What is the TCP flow control?
Before discussing TCP flow control, it’s worth describing the flow control functionality in computer networks. When two network hosts start communicating, one sends packets, and the other receives them.
Both may have different hosting hardware, software design, and processing speed. If the receiver is fast enough to consume messages at a higher rate than those generated by the sender, all works well.
But what will happen if the receiver consumes slower than the sender produces? The messages will keep adding to the receiver’s queue. After some time, messages will start dropping once the receiver queue is full. To overcome a fast sender and a slow receiver problem, there is a concept known as flow control in Computer networks.
- Slow sender speedy receiver – No Flow Control required,
Fast sender, slow receiver – Flow control is needed.
The above diagram shows a slow receiver and a fast sender. Let’s understand how the messages will be overflown after a certain period.
- The sender is sending messages at the rate of 10 messages per second, while the receiver is receiving at the rate of 5 messages per second.
- When a sender sends a message, the network enqueues messages in the receiver queue.
- Once the user application reads a message, the message is clear from the line, and now again, one buffer space adds to the free space.
- With the mentioned speed for the sender and receiver, the receiver queue will keep shortening at the pace of 5 every second.
- Finally, after 40 seconds, there will be no space remaining for incoming messages, and messages will start dropping.
Why is TCP flow control required?
TCP is an example of a transport layer protocol as per the OSI reference model. It provides reliable and sequenced delivery of messages. Because of reliable delivery, TCP retries to send a lost segment if a packet is lost due to a slow receiver. If there is no flow control, TCP will keep resending repeatedly, and the situation will worsen over the network.
With the flow control, the TCP receiver keeps sending the available space capacity for the incoming messages to the sender during the communication. The sender updates the space information and reduces the outgoing message rate. The space is known as the receiver window size.
How does the TCP implement the flow control?
For implementing flow control, the sender should know how much free space is available on the receiver before sending further messages. In an earlier TCP header tutorial, we described various protocol parameters. One parameter is the window size. Both ends add their own window size in the header in each TCP segment.
During connection setup, the window size is the maximum capacity available. During packet transfer, the window size keeps updating. The window size value is zero when a TCP end can not accept further messages.
When the sender receives a window size of zero, it stops sending any further messages till it gets again a message with a window size of more than zero.
Flow control and TCP user:
Till now, all discussion was for the TCP layer. Here we will discuss the traffic source for TCP, which is the user of the layer.
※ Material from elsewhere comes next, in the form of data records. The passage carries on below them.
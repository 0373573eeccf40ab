//! What earlier frames tell about repositories.

ghost use Rattle.std.specs.Prelude.{◌≡◌, None, Some, option_map, string_bytes, OnOk};
ghost use Rattle.program_events.specs.Seen.{see, seen_in, root_given};

use atproto_events::Known;
use atproto_mst::Commit;
use ipld_tree::Cid;
use std::alloc::AllocError;
use std::collections::BTreeMap;

/// The root and the revision of a repository's last verified commit.
#[derive(Debug, Drop)]
pub struct Last {
    pub root: Cid,
    pub rev: String,
}

/// Returns what is known of the repository.
pub(crate) fn known_of<'a>(seen: &'a BTreeMap<String, Last>, did: &str) -> Option<Known<'a>>
    ensures { option_map root_given result ≡ seen_in seen.now did.now }
{
    match seen.get(did) {
        Some(last) => Some(Known {
            root: last.root,
            rev: last.rev.as_str(),
        }),
        None => None,
    }
}

/// Remembers the root and the revision of a commit.
pub(crate) fn keep(seen: &mut BTreeMap<String, Last>, commit: Commit) -> Result<(), AllocError>
    ensures { OnOk result (seen_in seen.new ≡ see (seen_in seen.old) (string_bytes commit.did)
        (Some (commit.data, string_bytes commit.rev))) }
{
    let last = Last {
        root: commit.data,
        rev: commit.rev,
    };
    match seen.insert(commit.did, last) {
        Ok(_before) => Ok(()),
        Err(_) => Err(AllocError),
    }
}

/// Forgets what is known of the repository.
pub(crate) fn forget(seen: &mut BTreeMap<String, Last>, did: &str)
    ensures { seen_in seen.new ≡ see (seen_in seen.old) did.now None }
{
    let _before = seen.remove(did);
}
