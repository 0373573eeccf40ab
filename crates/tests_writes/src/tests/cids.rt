//! CIDs, their parts, and bytes that are not CIDs.

use ipld_tree::{Cid, CidError};
use std::alloc::Global;
use std::test::Fail;
use tests_shared::{agree, is_told};

/// The CID of the SHA-256 of "foo", in a link.
const FOO: &[u8] =
    b"\x01\x55\x12\x20\x2c\x26\xb4\x6b\x68\xff\xc6\x8f\xf9\x9b\x45\x3c\x1d\x30\x41\x34\x13\x42\x2d\x70\x64\x83\xbf\xa0\xf9\x8a\x5e\x88\x62\x66\xe7\xae";

/// A CID of version 0.
const NODE: &[u8] =
    b"\x12\x20\x11\x11\x11\x11\x11\x11\x11\x11\x11\x11\x11\x11\x11\x11\x11\x11\x11\x11\x11\x11\x11\x11\x11\x11\x11\x11\x11\x11\x11\x11\x11\x11";

/// Bytes that are not a CID, and why.
const NO_CIDS: &[(&[u8], &str)] = &[
    (b"", "Err(Truncated)"),
    (b"\x02", "Err(InvalidVersion)"),
    (b"\x01\x80\x00\x12\x00", "Err(InvalidVarint)"),
    (b"\x01\x55\x12\x41", "Err(DigestTooLong)"),
    (b"\x01\x55\x12\x02\x63", "Err(Truncated)"),
    (b"\x01\x55\x00\x00\x00", "Err(TrailingBytes)"),
];

/// Fails if the bytes are a CID, or are refused for another reason.
fn is_no_cid(alloc: Global, bytes: &[u8], told: &str) -> Result<(), Fail> {
    is_told(alloc, &Cid::try_from(bytes), told)
}

#[test]
fn refuses_bytes_that_are_no_cid(rt: HostRuntime) -> Result<(), Fail> {
    for (bytes, told) in NO_CIDS {
        is_no_cid(rt.alloc(), bytes, told)?;
    }
    is_no_cid(rt.alloc(), &NODE[..33], "Err(InvalidVersion)")?;
    let text = format!(in rt.alloc(); "{}", CidError::Truncated)?;
    agree(text.as_str(), "the CID is cut short")
}

/// Fails if the bytes have other parts: the version, the codec and the hash function, and the
/// digest. Fails also if their CID is written otherwise.
fn has_parts(
    alloc: Global,
    bytes: &[u8],
    parts: (u64, u64, u64),
    digest: &[u8],
) -> Result<(), Fail> {
    let cid = Cid::try_from(bytes)?;
    agree((cid.version(), cid.codec(), cid.hash_code()), parts)?;
    agree(cid.digest(), digest)?;
    agree(cid.to_bytes(alloc)?.as_slice(), bytes)
}

/// Bytes, their parts, and where the digest begins.
const CIDS: &[(&[u8], (u64, u64, u64), usize)] = &[
    (FOO, (1, 0x55, 0x12), 4),
    (NODE, (0, 0x70, 0x12), 2),
    (b"\x01\x55\x00\x00", (1, 0x55, 0), 4),
    // Fields of two bytes each.
    (b"\x01\xce\x01\x9b\x01\x02\x63\xc8", (1, 206, 155), 6),
];

#[test]
fn parts_of_a_cid(rt: HostRuntime) -> Result<(), Fail> {
    for (bytes, parts, digest) in CIDS {
        has_parts(
            rt.alloc(),
            bytes,
            *parts,
            bytes.get(*digest..).unwrap_or(b""),
        )?;
    }
    Ok(())
}
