//! Laws of the arguments, each stated as the contract of a function that does nothing.

ghost use Rattle.program_events.specs.Laws.{EventIsNoCommand};

/// The arguments that `event_of` accepts are not a command of `program_dagcar::run_command`.
#[tactic(auto, using(crate::proofs::Apart::event_apart))]
pub fn event_is_no_command()
    ensures { EventIsNoCommand }
{}
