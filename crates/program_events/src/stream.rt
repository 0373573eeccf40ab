//! The output for a stream of frames.

ghost use Rattle.std.specs.Prelude.{IfOk};
ghost use Rattle.atproto_events.specs.declared.frame_error.FrameError.TheVariants.{NoEnd};
ghost use Rattle.program_events.specs.Causes.{unread_line};
ghost use Rattle.program_events.specs.Frames.{IsToldAt};
ghost use Rattle.program_events.specs.Streams.{AreEventsSaid};

use crate::causes::unread_line;
use crate::frame::{Place, frame_said, told_at};
use crate::seen::Last;
use atproto_events::{FrameError, split_frame};
use program_parts::Answer;
use program_records::append_answer;
use std::alloc::{AllocError, Global};
use std::collections::BTreeMap;

/// Returns the answer for bytes that do not begin with a frame.
fn end_said(alloc: Global, at: Place) -> Result<Answer, AllocError>
    ensures { IfOk result (λ p. IsToldAt at.number at.byte (unread_line NoEnd)
        p.0.1 p.0.0.items p.1.items) }
{
    let line = unread_line(alloc, &FrameError::NoEnd)?;
    told_at(alloc, at, &line)
}

/// Returns the answer for all frames of the bytes, in order. A commit is verified from its own
/// frame, and against the last commit of its repository. After a refused frame the next one is
/// read, if its beginning is known.
pub fn events_said(alloc: Global, bytes: &[u8]) -> Result<Answer, AllocError>
    ensures { IfOk result (λ p. AreEventsSaid bytes.now p.0.1 p.0.0.items p.1.items) }
{
    let mut seen = BTreeMap::new(alloc);
    let mut all = ((Vec::new(alloc), true), Vec::new(alloc));
    let mut at = Place { number: 0, byte: 0 };
    let mut rest = bytes;
    while !rest.is_empty() {
        at.number += 1;
        let Some(parts) = split_frame(rest) else {
            let end = end_said(alloc, at)?;
            append_answer(&mut all, &end)?;
            return Ok(all);
        };
        let next = frame_said(alloc, at, &parts, &mut seen)?;
        append_answer(&mut all, &next)?;
        at.byte += parts.header.len() + parts.body.len();
        rest = parts.rest;
    }
    Ok(all)
}
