//! The lines that `dagcar event` writes about frames of a repository host's stream (AT Protocol).
#![tactic(auto)]

mod causes;
mod command;
mod frame;
pub mod laws;
mod lines;
mod seen;
mod stream;
mod words;

pub use command::run_events;
pub use stream::events_said;
pub use words::{EventWords, event_of};
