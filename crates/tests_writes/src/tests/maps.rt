//! Written maps whose keys come in any order, or are not valid.

use dagcbor_core::EncodeError;
use dagcbor_heads::BufWriter;
use dagcbor_write::Serializer;
use std::alloc::Global;
use std::convert::Infallible;
use std::test::Fail;
use tests_shared::{agree, is_told, joined};

/// A number that cannot be encoded.
pub(crate) const LARGE: u128 = 18_446_744_073_709_551_616;

/// The answer at the end of a map, and what is written of it.
pub(crate) type Ended = (Result<(), EncodeError<Infallible>>, Vec<u8>);

/// Writes a map of these entries.
fn map_of_entries(
    alloc: Global,
    len: Option<usize>,
    entries: &[(&str, u8)],
) -> Result<Ended, EncodeError<Infallible>> {
    let mut ser = Serializer::new(BufWriter::new(Vec::new(alloc)));
    let mut map = ser.serialize_map(alloc, len);
    for (key, value) in entries {
        if map.has_key() {
            return Err(EncodeError::custom("a key waits"));
        }
        map.serialize_entry(key, value)?;
    }
    if !map.is_complete() {
        return Err(EncodeError::custom("an entry is missing"));
    }
    let answer = map.end();
    Ok((answer, ser.into_inner().into_inner()))
}

/// Fails if a map is answered or written otherwise.
pub(crate) fn is_ended(
    alloc: Global,
    map: Result<Ended, EncodeError<Infallible>>,
    told: &str,
    spelling: &[u8],
) -> Result<(), Fail> {
    let (answer, written) = map?;
    is_told(alloc, &answer, told)?;
    agree(written.as_slice(), spelling)
}

/// The number of entries, if it is announced; the entries; the answer; and the written bytes.
const MAPS: &[(Option<usize>, &[(&str, u8)], &str, &[u8])] = &[
    (
        None,
        &[("b", 1), ("a", 2)],
        "Ok(())",
        b"\xa2\x61a\x02\x61b\x01",
    ),
    (Some(2), &[("a", 1), ("a", 2)], REPEATED, b""),
    (None, &[("a", 1), ("b", 2), ("a", 3)], REPEATED, b""),
    (None, &[("a", 1), ("a", 3), ("b", 2)], REPEATED, b""),
    (None, &[("b", 2), ("a", 1), ("a", 3)], REPEATED, b""),
    (None, &[("b", 2), ("a", 3), ("a", 1)], REPEATED, b""),
    (None, &[("a", 3), ("a", 1), ("b", 2)], REPEATED, b""),
    (None, &[("a", 3), ("b", 2), ("a", 1)], REPEATED, b""),
];

const REPEATED: &str = r#"Err(Msg("Map keys must be unique"))"#;

#[test]
fn keys_are_unique_in_any_order(rt: HostRuntime) -> Result<(), Fail> {
    let alloc = rt.alloc();
    for (len, entries, told, spelling) in MAPS {
        is_ended(alloc, map_of_entries(alloc, *len, entries), told, spelling)?;
    }
    Ok(())
}

#[test]
fn shorter_keys_come_first(rt: HostRuntime) -> Result<(), Fail> {
    let alloc = rt.alloc();
    let a = "a".repeat(alloc, 256)?;
    let z = "z".repeat(alloc, 255)?;
    let entries = &[
        (a.as_str(), 0),
        (z.as_str(), 0),
        (&a[..24], 0),
        (&z[..23], 0),
    ];
    let parts: &[&[u8]] = &[
        b"\xa4\x77",
        &z.as_bytes()[..23],
        b"\x00\x78\x18",
        &a.as_bytes()[..24],
        b"\x00\x78\xff",
        z.as_bytes(),
        b"\x00\x79\x01\x00",
        a.as_bytes(),
        b"\x00",
    ];
    let wanted = joined(alloc, parts)?;
    agree(wanted.len(), 571)?;
    is_ended(
        alloc,
        map_of_entries(alloc, None, entries),
        "Ok(())",
        &wanted,
    )
}
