// Rendered from crates/byte_unit_byte/src/laws.rt by `tools/dev render bits`. Do not edit.
//! Laws of the constants of `Bit`: public functions whose contracts are the laws.

ghost use Rattle.std.specs.Prelude.{◌≡◌, ◌*◌, ◌+◌, MatchOption};
ghost use Rattle.byte_unit_base.specs.Grammar.Shape.{bits};
ghost use Rattle.byte_unit_math.specs.Bounds.{size_limit};
ghost use Rattle.byte_unit_base.specs.Grammar.Units.{shape_of};
ghost use Rattle.byte_unit_base.specs.Sizes.Kinds.{bits_in};
ghost use Rattle.byte_unit_base.specs.declared.kind.Kind.TheVariants.{Bit as InBits};

use crate::Bit;
use byte_unit_base::Unit;

/// Returns the constant of `Bit` that is named after the unit; it equals one unit.
///
/// Returns `None` for `Unit::B`, since no constant is named after it.
///
/// # Examples
/// ```rust
/// assert_eq!(rt; laws::bit_constant(Unit::Kibit), Some(Bit::KIBIBIT));
/// assert_eq!(rt; laws::bit_constant(Unit::B), None);
/// ```
pub fn bit_constant(unit: Unit) -> Option<Bit>
    ensures { MatchOption result (unit ≡ Unit.B)
        (λ size. size * bits_in InBits ≡ bits (shape_of unit)) }
{
    match unit {
        Unit::B => None,
        Unit::Bit => Some(Bit::BIT),
        Unit::KB => Some(Bit::KILOBYTE),
        Unit::KiB => Some(Bit::KIBIBYTE),
        Unit::Kbit => Some(Bit::KILOBIT),
        Unit::Kibit => Some(Bit::KIBIBIT),
        Unit::MB => Some(Bit::MEGABYTE),
        Unit::MiB => Some(Bit::MEBIBYTE),
        Unit::Mbit => Some(Bit::MEGABIT),
        Unit::Mibit => Some(Bit::MEBIBIT),
        Unit::GB => Some(Bit::GIGABYTE),
        Unit::GiB => Some(Bit::GIBIBYTE),
        Unit::Gbit => Some(Bit::GIGABIT),
        Unit::Gibit => Some(Bit::GIBIBIT),
        Unit::TB => Some(Bit::TERABYTE),
        Unit::TiB => Some(Bit::TEBIBYTE),
        Unit::Tbit => Some(Bit::TERABIT),
        Unit::Tibit => Some(Bit::TEBIBIT),
        Unit::PB => Some(Bit::PETABYTE),
        Unit::PiB => Some(Bit::PEBIBYTE),
        Unit::Pbit => Some(Bit::PETABIT),
        Unit::Pibit => Some(Bit::PEBIBIT),
        Unit::EB => Some(Bit::EXABYTE),
        Unit::EiB => Some(Bit::EXBIBYTE),
        Unit::Ebit => Some(Bit::EXABIT),
        Unit::Eibit => Some(Bit::EXBIBIT),
        Unit::ZB => Some(Bit::ZETTABYTE),
        Unit::ZiB => Some(Bit::ZEBIBYTE),
        Unit::Zbit => Some(Bit::ZETTABIT),
        Unit::Zibit => Some(Bit::ZEBIBIT),
        Unit::YB => Some(Bit::YOTTABYTE),
        Unit::YiB => Some(Bit::YOBIBYTE),
        Unit::Ybit => Some(Bit::YOTTABIT),
        Unit::Yibit => Some(Bit::YOBIBIT),
        Unit::RB => Some(Bit::RONNABYTE),
        Unit::RiB => Some(Bit::ROBIBYTE),
        Unit::Rbit => Some(Bit::RONNABIT),
        Unit::Ribit => Some(Bit::ROBIBIT),
    }
}

/// Returns the smallest and the largest size: `Bit::MIN` and `Bit::MAX`.
///
/// # Examples
/// ```rust
/// assert_eq!(rt; laws::bit_bounds(), (Bit::MIN, Bit::MAX));
/// ```
pub fn bit_bounds() -> (Bit, Bit)
    ensures least { result.0 ≡ 0 }
    ensures greatest { result.1 + 1 ≡ size_limit }
{
    (Bit::MIN, Bit::MAX)
}
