// Rendered from crates/byte_unit_byte/src/lib.rt by `tools/dev render bits`. Do not edit.
//! Sizes in bits: [`Bit`], a whole number of bits below 10^30.
#![tactic(auto)]

mod bit;
pub mod laws;

pub use bit::{AdjustedBit, Bit};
Difference Between Flow Control and Congestion Control:
The flow control is from end to end. While congestion control is a node between the path from two nodes. For example, a router between two communicating nodes may get congested.
How does a TCP application know when to stop?
The purpose of flow control is to let the sender know that the receiver is slower. A sender application should be informed in case of a slow receiver. Generally, the TCP module informs the sender while sending data.